寝室のカラフルなカーテンが、私のお気に入り。

50代で人生初の一人暮らしを始めた頃。
IKEA柄のオーダーメイドカーテンをネットで見つけた時、「わぁ!素敵💓これ欲しい!」と思った。

ところが、真っ先に頭に浮かんだのは母の言葉だった。
「こんな派手なの買って!」
そして躊躇した。

もし、うちに母が泊まりに来たら必ず言うだろうという確信があった。
そして、その言い方も、呆れたような「あんた何考えてんの?」的な言い方であろう事も。

その度に私は傷ついて来たし、私のすることにいちいち口出しをする母に対して腹立たしい気持ちになるだろう。

悩んで友人に相談したら「自分が良いと思ったなら迷わず買えば良い」という答えが返って来た。

「そうだよね!!だって、私の部屋だし、誰にも遠慮なんてする必要もない」

意を決してカーテンを注文した。届いた時、一瞬「やっぱ派手だったかなぁ?」って思ったけど、今でも飽きる事なく、私のお気に入りの一つ。

さて、母が来る前に、先手を打っておかなければ。
そんな時私はあらかじめ、母が言いそうな事を先に言ってしまう事にしている。
「母さんは、こんな派手なの買って!って思うかもしれないけど、私は気に入ってるので、言わないでね。」と。

そうすると、先手を打たれた感じになり、母も「いいじゃない」と言うしかない(笑)
母が天邪鬼な事も計算済みなのだ。

それでも不用意に発言してしまい、母に意地悪を言われて傷つく事も、いまだにある。母は今年81歳。まだまだしっかりしているのはとてもありがたい事だが。

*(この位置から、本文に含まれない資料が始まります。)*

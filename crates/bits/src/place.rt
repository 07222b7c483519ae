// Bits written into bytes that are there already.
ghost use Rattle.std.specs.Prelude.{◌≡◌, ◌∷◌, ◌++◌, ◌+◌, ◌-◌, ◌*◌, ◌/◌, ◌%◌, ◌^◌, ◌≤◌, ◌<◌, length, get_or, take, drop};
ghost use Rattle.std.proofs.Math.Seq.{paste};
ghost use Rattle.bits.specs.Texts.{bits, pack_to, put_bits};

use crate::read::byte_at;
use crate::shift::{first_bits, two_bytes};

// Writes the segment's first n bits from bit `at` on; the spare bits of the last byte become 0. A whole block at a
// byte's place is copied, as in `read`.
pub fn put_bits(out: &mut [u8], at: usize, segment: [u8; 16], n: usize)
    requires { (n ≤ 128) × (at + n ≤ length out.old * 8) }
    ensures { out.new ≡ put_bits out.old at (take n (bits segment)) }
{
    let first = at / 8;
    let r = at % 8;
    if n == 128 && r == 0 {
        out[first..first + 16].copy_from_slice(&segment);
        return;
    }
    let end = r + n;
    let whole = end / 8;
    let high = put_bytes(out, first, r, segment, whole);
    let used = end % 8;
    if used != 0 {
        let byte = two_bytes(high, byte_at(&segment, whole), 8 - r);
        out[first + whole] = first_bits(byte, used);
    }
}

// Whole bytes from `first` on: the first r bits there stay; the segment follows. Gives the byte in which the next one
// would begin.
fn put_bytes(out: &mut [u8], first: usize, r: usize, segment: [u8; 16], count: usize) -> u8
    requires { (r < 8) × (count ≤ 16) × (first + count ≤ length out.old) }
    ensures written { out.new ≡ paste out.old first (pack_to count (take r (bits (drop first out.old)) ++ bits segment)) count }
    ensures high { result ≡ get_or (get_or out.old first 0 / 2 ^ (8 - r) ∷ segment) count 0 }
{
    let mut high = two_bytes(0, byte_at(out, first), r);
    for (i, low) in segment[..count].iter().enumerate() {
        out[first + i] = two_bytes(high, *low, 8 - r);
        high = *low;
    }
    high
}
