// AES (FIPS 197): the block functions under given rounds and round keys, step by step on the square state.
#![tactic(auto)]

mod block;

pub use block::{decrypt_block, encrypt_block, rounds_ok};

それで、そんな時はもう「母さん、今すごく意地悪な言い方したけど、どうしてそんな意地悪な言い方をするの?私傷ついたんだけど」とはっきり言う事にした。
こんなふうに言えるようになるまで、なんと長い年月を費やした事か。

しかし、本人には全く自覚がないのだ。「そんな意地悪な言い方した?」とびっくりしている。
それで、私は、少し大袈裟に母の言い方、言った時の顔を真似てさしあげるのだ。

いつまでもやられっぱなしではない。

母は躾に厳しかった。そのおかげで、世の中に出た時に、礼儀作法をわきまえた、ちゃんとした大人として生きていけてるので、感謝している。

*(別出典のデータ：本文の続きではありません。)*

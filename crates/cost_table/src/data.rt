//! Enums, structs, snapshots and boxes.

ghost use Rattle.std.specs.Prelude.{◌≡◌, ◌<◌, ◌≤◌, ◌^◌, ◌∷◌, ◌++◌, length};
ghost use Rattle.type_trees.specs.Ty as ty;
ghost use Rattle.type_table.specs.Trees.{parts};
ghost use Rattle.type_table.specs.View.{tree_of};
ghost use Rattle.libfunc_registry.specs.Fam.{fam_of, gives};
ghost use Rattle.libfunc_registry.specs.Wanted.{IsBelow, HasPart, IsPlaced};
ghost use Rattle.cost_table.specs.Data as rows;
ghost use Rattle.cost_table.specs.Rows.{match_row};
ghost use Rattle.cost_table.specs.Groups.{if_data};
ghost use Rattle.cost_table.specs.Parts.{ArePartsOf, terms_in, IsSmallPart, all_terms, AreSmall};
ghost use Rattle.cost_table.specs.Terms as terms;
ghost use Rattle.libfunc_registry.specs.Data.{part_at};

use crate::part::{Part, Parts, kept, last};
use crate::row::{FREE, Row, known};
use crate::sizes::{part_count, part_size, size};
use cell_terms::{Slot, Term};
use libfunc_registry::Libfunc;
use type_table::{TypeId, Types};

/// The row of a branch of a libfunc of this group.
pub(crate) fn data_row(types: &Types, libfunc: Libfunc, branch: usize) -> Option<Row>
    requires { IsPlaced types.now libfunc }
    ensures { result ≡ if_data (λ fam. rows.data_row fam branch) (fam_of types.now libfunc) }
{
    match libfunc {
        Libfunc::EnumInit(_, _) => Some(FREE),
        Libfunc::EnumMatch(t) => Some(branch_of_match(part_count(types, t), branch)),
        Libfunc::EnumSnapshotMatch(t) => Some(branch_of_match(part_count(types, t), branch)),
        Libfunc::StructConstruct(_) => Some(FREE),
        Libfunc::StructDeconstruct(_) => Some(FREE),
        Libfunc::StructSnapshotDeconstruct(_) => Some(FREE),
        Libfunc::SnapshotTake(_) => Some(FREE),
        Libfunc::IntoBox(t) => Some(known(1 + size(types, t), 0, 1)),
        Libfunc::Unbox(_) => Some(FREE),
        _ => None,
    }
}

/// The row of a branch of the match of an enum with so many variants: a branch takes a test for each variant before it,
/// and the last two variants share one.
fn branch_of_match(variants: u32, branch: usize) -> Row
    requires { variants ≤ 2 ^ 24 }
    ensures { result ≡ match_row variants branch }
{
    if variants <= 1 {
        return FREE;
    }
    let most = variants - 2;
    let tests = if branch < most as usize {
        branch as u32
    } else {
        most
    };
    known(2 + 2 * tests, 0, tests)
}

/// The terms of the results of a branch of a libfunc of this group.
pub(crate) fn data_parts(types: &Types, libfunc: Libfunc, row: Row, branch: usize) -> Option<Parts>
    requires placed { IsPlaced types.now libfunc }
    requires branch { branch < length (gives (fam_of types.now libfunc)) }
    ensures { ArePartsOf (if_data (λ fam. rows.data_terms row fam branch) (fam_of types.now libfunc)) result }
{
    match libfunc {
        Libfunc::EnumInit(t, index) => Some(variant(types, t, index)),
        Libfunc::EnumMatch(t) => Some(Parts::Single(payload(types, t, branch))),
        Libfunc::EnumSnapshotMatch(t) => Some(Parts::Single(payload(types, t, branch))),
        Libfunc::StructConstruct(t) => Some(Parts::Single(kept(0, size(types, t)))),
        Libfunc::StructDeconstruct(t) => Some(Parts::Single(kept(0, size(types, t)))),
        Libfunc::StructSnapshotDeconstruct(t) => Some(Parts::Single(kept(0, size(types, t)))),
        Libfunc::SnapshotTake(t) => Some(Parts::Double(
            kept(0, size(types, t)),
            kept(0, size(types, t)),
        )),
        Libfunc::IntoBox(_) => Some(Parts::Single(last(row, 1))),
        Libfunc::Unbox(t) => Some(Parts::Single(Part::Run(
            Term::Behind(Slot::Arg(0), 0),
            u64::from(size(types, t)),
        ))),
        _ => None,
    }
}

/// The cells of an enum that is made of a variant: its index, padding, and the payload.
fn variant(types: &Types, t: TypeId, index: u32) -> Parts
    requires { HasPart types.now t index }
    ensures terms { all_terms result ≡ terms.word index ∷ (terms.zeros (rows.padding (tree_of types.now t.0) index) ++ terms.kept 0 (ty.size (part_at (tree_of types.now t.0) index))) }
    ensures small { AreSmall result }
{
    let cells = part_size(types, t, index as usize);
    let padding = size(types, t).saturating_sub(1 + cells);
    Parts::Triple(
        Part::One(Term::Word(u64::from(index))),
        Part::Run(Term::Word(0), u64::from(padding)),
        kept(0, cells),
    )
}

/// The payload of an enum in the branch of a variant: its last cells.
fn payload(types: &Types, t: TypeId, branch: usize) -> Part
    requires { HasPart types.now t branch }
    ensures terms { terms_in result ≡ rows.payload (tree_of types.now t.0) branch }
    ensures small { IsSmallPart result }
{
    let cells = part_size(types, t, branch);
    kept(size(types, t).saturating_sub(cells) as usize, cells)
}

しかし、その代償として、とても人目を気にするようになってしまった。人からこう思われるんじゃないか?嫌われるんじゃないか?と、かなり自分に自信がなく、人に合わせるようになってしまい、全く自分らしく生きて来られなかった。

カーテン一つとっても、だ。

だけど、今、私はようやく自分らしく生き始めた。言い換えれば、自分の気持ちに素直に耳を傾けて、自分を大切にできるようになってきた。

このカーテンも。この傘も。この布団カバーも。
全て、お気に入り。

一時期、自分が何が好きなのか、どうしたいのかすら、わからなくなってしまった事がある。
そうなると、もう、末期。

仕事を辞めて、良い人でいる事を辞めて、本当の自分、ありのままの自分の声を許し、良い悪いでジャッジせず、そのまま受け止める。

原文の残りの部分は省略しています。